(Collected data entries)
----

// The graph that is laid in layers.
use bit_sums::Sum;
use dependency_graph::Base;
use plan_tools::{Work, number};
use sum_graph::SumGraph;

/// The factors of a product, each by the falling list of the symbols whose sum it is.
#[derive(Drop)]
pub struct Factors {
    pub first: Vec<u32>,
    pub second: Vec<u32>,
}

/// A node: the sum of some bits and of at most one product.
#[derive(Drop)]
pub struct Node {
    /// The symbols of its bits, falling.
    pub bits: Vec<u32>,
    pub factors: Option<Factors>,
    /// The output onto whose line it goes, for good; none where it takes a line of its own.
    pub onto: Option<Onto>,
    /// Its place in the graph of sums; none where it is no node of that, but a sum of some.
    pub place: Option<u32>,
}

/// An output onto whose line a node goes, and the layer in which it does where it has a product.
#[derive(Clone, Copy)]
pub struct Onto {
    pub output: u32,
    pub layer: u32,
}

impl Node {
    /// Whether it has no product: then it is a sum of other symbols.
    pub fn is_linear(&self) -> bool {
        self.factors.is_none()
    }
}

/// A graph of sums whose nodes have at most one product, and whose outputs have none. Symbols are
/// the inputs, then the nodes in their order, and then the outputs, which are nodes that go onto
/// their lines.
#[derive(Drop)]
pub struct LayerGraph {
    pub inputs: u32,
    /// The nodes, and behind them the outputs.
    pub nodes: Vec<Node>,
    pub outputs: u32,
    /// How many nodes the graph of sums has.
    pub places: u32,
}

impl LayerGraph {
    /// The graph of these sums, in time near linear in their bits. The work gives up where a node
    /// has more than one product, or an output has any.
    pub fn of(work: &mut Work, graph: &SumGraph) -> LayerGraph {
        let inputs = graph.inputs();
        let mut nodes = Vec::new(work.alloc);
        for place in 0..graph.nodes() {
            let mut node = node_of(work, inputs, graph.node(place), 1);
            node.place = Some(place);
            work.push(&mut nodes, node);
        }
        for (output, sum) in graph.outputs().iter().enumerate() {
            let mut node = node_of(work, inputs, sum, 0);
            node.onto = Some(Onto {
                output: number(output),
                layer: 0,
            });
            work.push(&mut nodes, node);
        }
        LayerGraph {
            inputs,
            nodes,
            outputs: number(graph.outputs().len()),
            places: graph.nodes(),
        }
    }

    /// The symbol behind the last one.
    pub fn symbols(&self) -> u32 {
        self.inputs.saturating_add(number(self.nodes.len()))
    }

    /// The symbol of the first output.
    pub fn first_output(&self) -> u32 {
        self.symbols().saturating_sub(self.outputs)
    }

    /// How many inputs and outputs there are.
    pub fn ports(&self) -> u32 {
        self.inputs.saturating_add(self.outputs)
    }

    /// The node of a symbol; none for an input.
    pub fn node(&self, symbol: u32) -> Option<&Node> {
        self.nodes.get(symbol.checked_sub(self.inputs)? as usize)
    }

    /// The same, to be changed.
    pub fn node_mut(&mut self, symbol: u32) -> Option<&mut Node> {
        self.nodes
            .get_mut(symbol.checked_sub(self.inputs)? as usize)
    }

    /// Whether a symbol is that of a node or an output without a product.
    pub fn is_linear(&self, symbol: u32) -> bool {
        match self.node(symbol) {
            Some(node) => node.is_linear(),
            None => false,
        }
    }

    /// The output onto whose line the node of a symbol goes.
    pub fn onto(&self, symbol: u32) -> Option<Onto> {
        self.node(symbol)?.onto
    }

    /// The factors of a node; empty ones where it has no product.
    pub fn factors(&self, symbol: u32) -> [&[u32]; 2] {
        let [_, first, second] = self.operands(symbol);
        [first, second]
    }

    /// The bits of a node, and its factors, which are empty where it has no product.
    pub fn operands(&self, symbol: u32) -> [&[u32]; 3] {
        match self.node(symbol) {
            Some(
                Node {
                    bits,
                    factors: Some(factors),
                    ..
                },
            ) => [bits, &factors.first, &factors.second],
            Some(node) => [&node.bits, &[], &[]],
            None => [&[], &[], &[]],
        }
    }
}

// The node of a sum that may have so many products.
fn node_of(work: &mut Work, inputs: u32, sum: &Sum, most: usize) -> Node {
    if sum.products().len() > most {
        work.give_up();
    }
    let factors = match sum.products().first() {
        Some(product) => Some(Factors {
            first: symbols_of(work, inputs, product.first()),
            second: symbols_of(work, inputs, product.second()),
        }),
        None => None,
    };
    Node {
        bits: symbols_of(work, inputs, sum.bits()),
        factors,
        onto: None,
        place: None,
    }
}

// The symbols of bits, falling.
fn symbols_of(work: &mut Work, inputs: u32, bits: &[Base]) -> Vec<u32> {
    let mut symbols = Vec::new(work.alloc);
    for bit in bits {
        let symbol = match *bit {
            Base::Input(input) => input,
            Base::Node(node) => inputs.saturating_add(node),
        };
        work.push(&mut symbols, symbol);
    }
    work.sort_falling(&mut symbols);
    symbols
}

----

### DIRECTIONS FOR THIS TASK
Output the number of lines in the records above that contain the string "Whether", and no other text.

### FINISHED TASK
2